-- Available data follows --

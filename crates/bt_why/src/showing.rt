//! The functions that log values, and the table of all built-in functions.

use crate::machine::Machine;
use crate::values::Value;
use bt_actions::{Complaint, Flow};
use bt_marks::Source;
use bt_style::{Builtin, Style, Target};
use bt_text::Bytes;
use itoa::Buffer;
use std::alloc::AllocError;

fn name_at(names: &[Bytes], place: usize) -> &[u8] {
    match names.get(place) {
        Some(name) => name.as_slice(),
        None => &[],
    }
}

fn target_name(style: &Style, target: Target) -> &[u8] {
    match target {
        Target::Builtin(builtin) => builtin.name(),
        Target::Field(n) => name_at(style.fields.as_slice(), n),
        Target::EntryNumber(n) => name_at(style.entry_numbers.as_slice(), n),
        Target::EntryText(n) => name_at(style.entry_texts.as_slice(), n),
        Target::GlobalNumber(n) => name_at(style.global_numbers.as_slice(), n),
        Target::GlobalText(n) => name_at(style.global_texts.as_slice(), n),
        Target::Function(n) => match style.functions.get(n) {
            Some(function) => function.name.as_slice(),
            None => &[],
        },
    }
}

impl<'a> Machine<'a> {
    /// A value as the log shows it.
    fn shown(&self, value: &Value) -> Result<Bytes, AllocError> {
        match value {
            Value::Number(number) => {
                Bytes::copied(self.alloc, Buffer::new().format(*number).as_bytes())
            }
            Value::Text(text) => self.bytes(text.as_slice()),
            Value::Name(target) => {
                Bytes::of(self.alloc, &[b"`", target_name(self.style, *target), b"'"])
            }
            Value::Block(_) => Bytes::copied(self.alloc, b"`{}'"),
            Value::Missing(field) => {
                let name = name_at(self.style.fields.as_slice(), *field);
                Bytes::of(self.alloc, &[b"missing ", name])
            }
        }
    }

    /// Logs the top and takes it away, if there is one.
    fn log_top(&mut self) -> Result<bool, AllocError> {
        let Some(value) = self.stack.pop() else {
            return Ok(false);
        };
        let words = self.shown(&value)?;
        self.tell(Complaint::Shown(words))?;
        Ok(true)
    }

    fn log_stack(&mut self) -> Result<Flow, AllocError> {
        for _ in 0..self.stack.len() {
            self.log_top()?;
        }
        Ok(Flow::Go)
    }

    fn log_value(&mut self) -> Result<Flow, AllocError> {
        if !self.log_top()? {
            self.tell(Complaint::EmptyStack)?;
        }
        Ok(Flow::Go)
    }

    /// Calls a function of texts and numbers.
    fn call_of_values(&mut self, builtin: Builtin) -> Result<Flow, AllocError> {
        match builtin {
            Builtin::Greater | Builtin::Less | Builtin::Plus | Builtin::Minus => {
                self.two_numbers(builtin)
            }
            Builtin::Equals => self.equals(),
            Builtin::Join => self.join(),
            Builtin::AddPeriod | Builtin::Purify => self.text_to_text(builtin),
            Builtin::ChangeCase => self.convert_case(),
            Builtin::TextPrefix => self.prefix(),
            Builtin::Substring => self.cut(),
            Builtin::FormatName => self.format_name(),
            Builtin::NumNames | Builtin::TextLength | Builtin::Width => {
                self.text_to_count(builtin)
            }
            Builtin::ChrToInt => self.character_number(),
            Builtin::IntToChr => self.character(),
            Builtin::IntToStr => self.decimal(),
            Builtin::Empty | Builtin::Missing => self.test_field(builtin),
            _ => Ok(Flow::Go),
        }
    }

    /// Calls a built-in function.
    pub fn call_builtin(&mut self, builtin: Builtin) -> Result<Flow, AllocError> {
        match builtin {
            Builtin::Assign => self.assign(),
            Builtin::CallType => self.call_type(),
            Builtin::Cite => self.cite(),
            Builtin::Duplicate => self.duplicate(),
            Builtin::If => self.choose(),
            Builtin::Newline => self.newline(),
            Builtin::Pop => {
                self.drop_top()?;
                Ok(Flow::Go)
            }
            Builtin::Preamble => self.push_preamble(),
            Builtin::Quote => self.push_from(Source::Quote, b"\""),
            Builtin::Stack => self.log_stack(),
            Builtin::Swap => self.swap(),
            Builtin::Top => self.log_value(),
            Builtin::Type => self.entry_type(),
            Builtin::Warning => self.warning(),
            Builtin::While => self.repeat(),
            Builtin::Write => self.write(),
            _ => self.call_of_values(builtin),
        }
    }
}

-- Available data concluded --

Every line between the one that contains "self.text_to_count(builtin)" and the last line of the listing, both included, should be retyped exactly, with nothing else added.

                self.text_to_count(builtin)
            }
            Builtin::ChrToInt => self.character_number(),
            Builtin::IntToChr => self.character(),
            Builtin::IntToStr => self.decimal(),
            Builtin::Empty | Builtin::Missing => self.test_field(builtin),
            _ => Ok(Flow::Go),
        }
    }

    /// Calls a built-in function.
    pub fn call_builtin(&mut self, builtin: Builtin) -> Result<Flow, AllocError> {
        match builtin {
            Builtin::Assign => self.assign(),
            Builtin::CallType => self.call_type(),
            Builtin::Cite => self.cite(),
            Builtin::Duplicate => self.duplicate(),
            Builtin::If => self.choose(),
            Builtin::Newline => self.newline(),
            Builtin::Pop => {
                self.drop_top()?;
                Ok(Flow::Go)
            }
            Builtin::Preamble => self.push_preamble(),
            Builtin::Quote => self.push_from(Source::Quote, b"\""),
            Builtin::Stack => self.log_stack(),
            Builtin::Swap => self.swap(),
            Builtin::Top => self.log_value(),
            Builtin::Type => self.entry_type(),
            Builtin::Warning => self.warning(),
            Builtin::While => self.repeat(),
            Builtin::Write => self.write(),
            _ => self.call_of_values(builtin),
        }
    }
}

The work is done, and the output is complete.